Extending inclusion dependencies with conditions

  • Authors:
  • Shuai Ma;Wenfei Fan;Loreto Bravo

  • Affiliations:
  • SKLSDE Lab, Beihang University, China;SKLSDE Lab, Beihang University, China and University of Edinburgh, UK;University of Concepcion, Chile

  • Venue:
  • Theoretical Computer Science
  • Year:
  • 2014

Quantified Score

Hi-index 5.23

Visualization

Abstract

This paper introduces a class of conditional inclusion dependencies (CINDs), which extends inclusion dependencies (INDs) by enforcing patterns of semantically related data values. We show that CINDs are useful not only in data cleaning, but also in contextual schema matching.
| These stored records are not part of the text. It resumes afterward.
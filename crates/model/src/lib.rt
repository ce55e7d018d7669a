// Evaluating a model: whether every hard clause is true in it, how many of its bytes hold Y and S, and the weight of the soft
// clauses that it falsifies.
#![tactic(auto)]

mod operations;
mod size;
mod truth;

pub use operations::{evaluate, evaluate_read};
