// A file with windows and the same file with its groups spelled out: they are read as the same instance. All of it stands in proofs/laws.
#![tactic(auto)]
We give a full treatment of the static analysis of CINDs, and show that CINDs retain most desired properties of traditional INDs: (a) CINDs are always satisfiable; (b) CINDs are finitely axiomatizable, i.e., there exists a sound and complete inference system for the implication analysis of CINDs; and (c) the implication problem for CINDs has the same complexity as its traditional counterpart, namely, PSPACE-complete, in the absence of attributes with a finite domain; but it is EXPTIME-complete in the general setting. In addition, we investigate the interaction between CINDs and conditional functional dependencies (CFDs), as well as two practical fragments of CINDs, namely acyclic CINDs and unary CINDs. We show the following: (d) the satisfiability problem for the combination of CINDs and CFDs becomes undecidable, even in the absence of finite-domain attributes; (e) in the absence of finite-domain attributes, the implication problem for acyclic CINDs and for unary CINDs retains the same complexity as its traditional counterpart, namely, NP-complete and PTIME, respectively; but in the general setting, it becomes PSPACE-complete and coNP-complete, respectively; and (f) the implication problem for acyclic unary CINDs remains in PTIME in the absence of finite-domain attributes and coNP-complete in the general setting.